(Stored data)
================================
// Statements, replies and events.
use crate::plan::{InsertPlan, Query, UpdatePlan};
use crate::pred::Pred;
use crate::report::{GroupLine, SegmentLine};
use crate::work::{Actor, Work};
use cs_base::{Boxed, Items};
use cs_types::{Key, Loose};
use std::sync::Arc;

/// A row of an answer: a value for each item of the query.
pub type AnswerRow = Items<Loose>;

/// A statement as it is bound to the table, or why it is refused. What it is bound to stands on the heap, so that a
/// statement without it is small.
#[derive(Debug, Drop)]
pub enum Bound {
    /// BEGIN TRANSACTION: opens a transaction, or makes the open one a level deeper.
    Begin,
    /// COMMIT: leaves a level; at the outermost the transaction commits.
    Commit,
    /// ROLLBACK: the whole transaction is undone.
    Rollback,
    /// SET of something that changes nothing here: the isolation level, which is always SNAPSHOT, or the time to wait for a
    /// lock, since no statement waits.
    Nothing,
    /// SET STATISTICS IO ON or OFF: whether the session's answers tell how many segments were read and skipped.
    Statistics(bool),
    /// INSERT of the rows of VALUES, or of a row over each number of a series.
    Insert(Boxed<InsertPlan>),
    /// UPDATE of the rows for which its filter is true.
    Update(Boxed<UpdatePlan>),
    /// DELETE of the rows for which the condition is true, or of all rows.
    Delete(Boxed<Option<Pred>>),
    /// SELECT from the table.
    Select(Boxed<Query>),
    /// SELECT from the report on row groups.
    GroupReport,
    /// SELECT from the report on segments.
    SegmentReport,
    /// ALTER INDEX .. REORGANIZE: turns of the tuple mover, made by the session; where `all` says so, the open store is closed
    /// before them.
    Reorganize { all: bool },
    /// Reading or binding refused the text, or there was no memory for it: no other refusal stands here.
    Refused(Refusal),
}

/// Why a statement is refused.
#[derive(Clone, Copy, Debug, PartialEq, Eq)]
pub enum Refusal {
    /// The text has an error with this number at this place; places count bytes from 1.
    Reading { number: u32, at: u32 },
    /// A value that a row's column does not keep, or that can't be computed, has an error with this number: 515, 2628, 220,
    /// 8115 or 8134. Rows are counted from 1 in their order in the statement, columns from 1 by their place in the table.
    Valued { number: u32, row: u64, column: u32 },
    /// A write of a key that another open transaction, the one with this number, has written (error 1222).
    Locked { key: Key, txn: u64 },
    /// A write of a key that was changed after the transaction's snapshot was taken (error 3960): its newest change is this
    /// transaction's, under this commit number.
    Changed { key: Key, txn: u64, commit: u64 },
    /// An INSERT of a key that is there already, or twice in the statement (error 2627).
    Duplicate { key: Key },
    /// A COMMIT (error 3902) or a ROLLBACK (error 3903) without a transaction.
    NoTxn { number: u32 },
    /// Memory was not there (error 701). No row has changed.
    Memory,
}

/// The reply to a statement.
#[derive(Debug, Drop)]
pub enum Reply {
    /// The statement was done; it counts no rows.
    Done,
    /// So many rows were written.
    Affected(u64),
    /// The answer of a query. Where STATISTICS IO is on, also how many segments the scan read and skipped.
    Rows {
        rows: Items<AnswerRow>,
        segments: Option<(u64, u64)>,
    },
    /// The report on row groups: a line for each, by id, and the number of entries of the delete buffer.
    Groups {
        lines: Items<GroupLine>,
        buffered: u64,
    },
    /// The report on segments: a line for each COMPRESSED group and column.
    Segments(Items<SegmentLine>),
    /// What a REORGANIZE left: of the stores that were closed at its Start, or that it closed, those that another actor held at its
    /// last look, by id, each with that actor.
    Left(Items<(u64, Actor)>),
    /// The statement was refused.
    Refused(Refusal),
}

/// An event of the log. A session is named by its number, 1 to 64.
#[derive(Debug, Drop)]
pub enum Entry {
    /// A statement begins. A statement of the table opens a transaction and takes a snapshot here; `short` says that
    /// there was no memory for that. The statement is shared with whoever works on it.
    Start {
        session: u32,
        bound: Arc<Bound>,
        short: bool,
    },
    /// The statement that the session began is replied to, and takes effect unless it is refused.
    Finish {
        session: u32,
        reply: Reply,
    },
    /// The session ends. Its open transaction is rolled back.
    End {
        session: u32,
    },
    /// A mover's work on the row groups, or that of a session in its place. It changes no row.
    Mover {
        actor: Actor,
        work: Work,
    },
}
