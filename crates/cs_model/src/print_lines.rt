// Lines under a reply.
ghost use Rattle.std.specs.Prelude.{◌≡◌, ◌++◌, All, OnOk, map};
ghost use Rattle.cs_model.specs.Text.{lines_text};

use cs_base::Memory;
use cs_types::{Line, Schema};

/// What has a line of its own under a reply.
pub trait ReplyLine {
    ghost use Rattle.std.specs.Prelude.{ℕ, List};
    ghost use Rattle.cs_types.specs.declared.Schema.{Schema};

    /// Whether its line can be printed over a table.
    ghost is_printable: { Schema → Self → Type 0 };

    /// Its line over a table.
    ghost line_of: { Schema → Self → List ℕ };

    /// Adds its line, without the byte 10 at its end.
    fn append_to(&self, schema: &Schema, line: &mut Line) -> Result<(), Memory>
        requires { is_printable schema.now self.now }
        ensures { OnOk result (line.new ≡ line.old ++ line_of schema.now self.now) };
}

/// Adds the line of each item, with the byte 10 after it.
pub fn append_lines<T: ReplyLine>(
    schema: &Schema,
    items: &[T],
    line: &mut Line,
) -> Result<(), Memory>
    requires { All (T.is_printable schema.now) items.now }
    ensures { OnOk result (line.new ≡ line.old ++ lines_text (map (T.line_of schema.now) items.now)) }
{
    for item in items {
        item.append_to(schema, line)?;
        line.append(b"\n")?;
    }
    Ok(())
}
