// The text of a log.
ghost use Rattle.std.specs.Prelude.{◌≡◌, ◌+◌, ◌<◌, ◌^◌, ℕ, length, All, IfOk, OnOk};
ghost use Rattle.cs_model.specs.Actors.{number_of, actor_of};
ghost use Rattle.cs_model.specs.State.{begin_of};
ghost use Rattle.cs_model.specs.Text.{text, IsPrintableEntry};
ghost use Rattle.cs_model.specs.Places.{place_in, start_added};

use crate::entry::Entry;
use crate::print::append_entry;
use crate::work::Actor;
use cs_base::{Items, Memory};
use cs_types::{Line, Schema};
use std::alloc::Global;

/// How many statements each actor began: its count stands at the place of its number, and it has begun none past the end.
type Places = Items<u64>;

/// How many statements an actor began.
fn place_of(places: &Places, actor: usize) -> u64
    ensures { result ≡ place_in places.now actor }
{
    match places.get(actor) {
        Some(place) => *place,
        None => 0,
    }
}

/// Gives each session up to this one a place. No count changes.
fn reach(places: &mut Places, session: u32) -> Result<(), Memory>
    ensures long { OnOk result (session < length places.new) }
    ensures counts { OnOk result ((actor : ℕ) → place_in places.new actor ≡ place_in places.old actor) }
{
    for _ in places.len()..session as usize + 1 {
        places.push(0)?;
    }
    Ok(())
}

/// The number of an actor: that of a session, or 64 and that of a mover.
fn number_of(actor: Actor) -> usize
    ensures { result ≡ number_of actor }
{
    match actor {
        Actor::Session(number) => number as usize,
        Actor::Mover(number) => 64 + number as usize,
    }
}

/// Counts an entry, and answers the place of its statement in its session.
fn count(places: &mut Places, entry: &Entry) -> Result<u64, Memory>
    requires { place_in places.old (actor_of entry.now) + 1 < 2 ^ 64 }
    ensures counts { OnOk result ((session : ℕ) → place_in places.new session ≡ place_in places.old session + start_added entry.now session) }
    ensures place { IfOk result (λ place. place ≡ place_in places.new (actor_of entry.now)) }
{
    match entry {
        Entry::Start { session, .. } => {
            reach(places, *session)?;
            let at = *session as usize;
            let place = *places.at(at) + 1;
            places.replace(at, place);
            Ok(place)
        }
        Entry::Finish { session, .. } => Ok(place_of(places, *session as usize)),
        Entry::End { session } => Ok(place_of(places, *session as usize)),
        Entry::Mover { actor, .. } => Ok(place_of(places, number_of(*actor))),
    }
}

/// The text of a log: the text of each event in turn, whose number counts all events from 1, and whose place counts the
/// statements of its session.
pub fn print_log(alloc: Global, schema: &Schema, log: &[Entry]) -> Result<Line, Memory>
    requires { All (IsPrintableEntry schema.now) log.now }
    ensures { IfOk result (λ line. line ≡ text (begin_of schema.now) log.now) }
{
    let mut line = Line::new(alloc);
    let mut places = Items::new(alloc);
    for (i, entry) in log.iter().enumerate() {
        let place = count(&mut places, entry)?;
        append_entry(schema, i as u64 + 1, place, entry, &mut line)?;
    }
    Ok(line)
}
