//! Refusals of answers.

ghost use Rattle.std.specs.Prelude.{◌≡◌};

use cs_base::Memory;
use thiserror::Error;

/// Why a query has no answer.
#[derive(Clone, Copy, Debug, PartialEq, Eq, Error)]
pub enum AnswerRefusal {
    /// A whole count or sum outside the range of its type, 8115: the row of the answer and the item, counted from 1.
    #[error("arithmetic overflow")]
    Overflow { row: u64, column: u32 },
    /// There was no memory, 701.
    #[error("out of memory")]
    Memory,
}

impl From<Memory> for AnswerRefusal {
    ghost use Rattle.cs_model.specs.declared.answer_refusal.AnswerRefusal.TheVariants as refusal;

    ghost from_gives = { λ _ e. e ≡ refusal.Memory };

    fn from(_error: Memory) -> AnswerRefusal {
        AnswerRefusal::Memory
    }
}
================================
**WORK TASK**
Return only the number of lines in the records above that include the string "ReplyLine".

**YOUR RESPONSE**
2